■ Dataset entries
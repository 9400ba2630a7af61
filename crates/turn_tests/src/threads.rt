//! Callers in threads, each with a pass of its own.

ghost use Rattle.std.specs.Prelude.{◌≡◌, ◌≤◌};
ghost use Rattle.std.specs.Thread.{IsSync};
ghost use Rattle.turn_lock.specs.Passes.{told_by};
ghost use Rattle.turn_tests.specs.Passes.{
  AddsSome,
  EachAdded,
  HasBoth,
  HasEach,
  IsFirst,
  IsUnspent,
};

use crate::callers::add_all;
use crate::numbers::Numbers;
use std::sync::Wait;
use std::thread::{Threads, join};
use turn_lock::{Pass, Turn};

/// Two callers on two passes add their numbers, each in a thread of its own. The passes have the
/// numbers 0 and 4,294,967,294.
pub fn two_callers<R: Threads + Wait + Sync>(
    rt: &R,
    turn: Turn<Numbers>,
    mut pass: Pass<Numbers>,
    first: &[u32],
    second: &[u32],
) -> Numbers
    requires turn { pass.seat.table_id ≡ turn.table.shared.table_id }
    requires first { IsFirst (told_by pass.seat) }
    ensures both { HasBoth 4294967294 first.now second.now result.log.items }
{
    let other = turn.split(&mut pass, 0);
    let (mut pass, other) = add_in_two(rt, &turn, pass, first, other, second);
    turn.join(&mut pass, other);
    turn.close(pass)
}

/// A caller on a pass, and so many others on passes that are split off from it and from one another,
/// add the same numbers, each in a thread of its own. The passes of the others have the highest
/// numbers, up to 4,294,967,294. Passes are joined in the reverse of the order in which they were
/// split off.
pub fn many_callers<R: Threads + Wait + Sync>(
    rt: &R,
    turn: Turn<Numbers>,
    pass: Pass<Numbers>,
    others: u32,
    numbers: &[u32],
) -> Numbers
    requires turn { pass.seat.table_id ≡ turn.table.shared.table_id }
    requires first { IsFirst (told_by pass.seat) }
    requires others { others ≤ 4294967294 }
    ensures each { HasEach numbers.now result.log.items }
{
    let pass = add_in_threads(rt, &turn, pass, others, numbers);
    turn.close(pass)
}

/// Adds on two passes, each in a thread of its own.
fn add_in_two<R: Threads + Wait + Sync>(
    rt: &R,
    turn: &Turn<Numbers>,
    one: Pass<Numbers>,
    first: &[u32],
    other: Pass<Numbers>,
    second: &[u32],
) -> (Pass<Numbers>, Pass<Numbers>)
    requires turns { (one.seat.table_id ≡ turn.now.table.shared.table_id)
        × (other.seat.table_id ≡ turn.now.table.shared.table_id) }
    ensures turns { (result.0.seat.table_id ≡ one.seat.table_id)
        × (result.1.seat.table_id ≡ other.seat.table_id) }
    ensures one { AddsSome first.now (told_by one.seat) (told_by result.0.seat) }
    ensures other { AddsSome second.now (told_by other.seat) (told_by result.1.seat) }
{
    join(
        rt,
        || -> Pass<Numbers>
            requires { one.seat.table_id ≡ turn.now.table.shared.table_id }
            ensures { (result.seat.table_id ≡ one.seat.table_id)
                × AddsSome first.entry.now (told_by one.seat) (told_by result.seat) }
        { add_some(rt, turn, one, first) },
        || -> Pass<Numbers>
            requires { other.seat.table_id ≡ turn.now.table.shared.table_id }
            ensures { (result.seat.table_id ≡ other.seat.table_id)
                × AddsSome second.entry.now (told_by other.seat) (told_by result.seat) }
        { add_some(rt, turn, other, second) },
    )
}

/// Adds numbers on a pass, and gives the pass alone.
fn add_some<R: Wait>(
    rt: &R,
    turn: &Turn<Numbers>,
    pass: Pass<Numbers>,
    numbers: &[u32],
) -> Pass<Numbers>
    requires turn { pass.seat.table_id ≡ turn.now.table.shared.table_id }
    ensures turn { result.seat.table_id ≡ pass.seat.table_id }
    ensures told { AddsSome numbers.now (told_by pass.seat) (told_by result.seat) }
{
    let (pass, _count) = add_all(rt, turn, pass, numbers);
    pass
}

/// Adds on a pass and on so many others, which are split off and joined again, each in a thread of
/// its own. Half of the others are split off from the pass, and half from its first child.
#[cycle(branches)]
fn add_in_threads<R: Threads + Wait + Sync>(
    rt: &R,
    turn: &Turn<Numbers>,
    mut pass: Pass<Numbers>,
    others: u32,
    numbers: &[u32],
) -> Pass<Numbers>
    requires turn { pass.seat.table_id ≡ turn.now.table.shared.table_id }
    requires room { others ≤ (told_by pass.seat).room }
    requires unspent { IsUnspent (told_by pass.seat) }
    ensures turn { result.seat.table_id ≡ pass.seat.table_id }
    ensures added { EachAdded numbers.now (told_by pass.seat) (told_by result.seat) }
{
    if others == 0 {
        return add_some(rt, turn, pass, numbers);
    }
    let below = (others - 1) / 2;
    let beside = others - 1 - below;
    let child = turn.split(&mut pass, below);
    let (mut pass, child) = join(
        rt,
        || -> Pass<Numbers>
            requires { IsSync R.row × (pass.seat.table_id ≡ turn.now.table.shared.table_id)
                × (beside ≤ (told_by pass.seat).room) × IsUnspent (told_by pass.seat) }
            ensures { (result.seat.table_id ≡ pass.seat.table_id)
                × EachAdded numbers.entry.now (told_by pass.seat) (told_by result.seat) }
        { add_in_threads(rt, turn, pass, beside, numbers) },
        || -> Pass<Numbers>
            requires { IsSync R.row × (child.seat.table_id ≡ turn.now.table.shared.table_id)
                × (below ≤ (told_by child.seat).room) × IsUnspent (told_by child.seat) }
            ensures { (result.seat.table_id ≡ child.seat.table_id)
                × EachAdded numbers.entry.now (told_by child.seat) (told_by result.seat) }
        { add_in_threads(rt, turn, child, below, numbers) },
    );
    turn.join(&mut pass, child);
    pass
}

■ What the task requires
Find the lines in the data that include "entry", then copy each of them.

■ Written answer
                × AddsSome first.entry.now (told_by one.seat) (told_by result.seat) }
                × AddsSome second.entry.now (told_by other.seat) (told_by result.seat) }
                × EachAdded numbers.entry.now (told_by pass.seat) (told_by result.seat) }
                × EachAdded numbers.entry.now (told_by child.seat) (told_by result.seat) }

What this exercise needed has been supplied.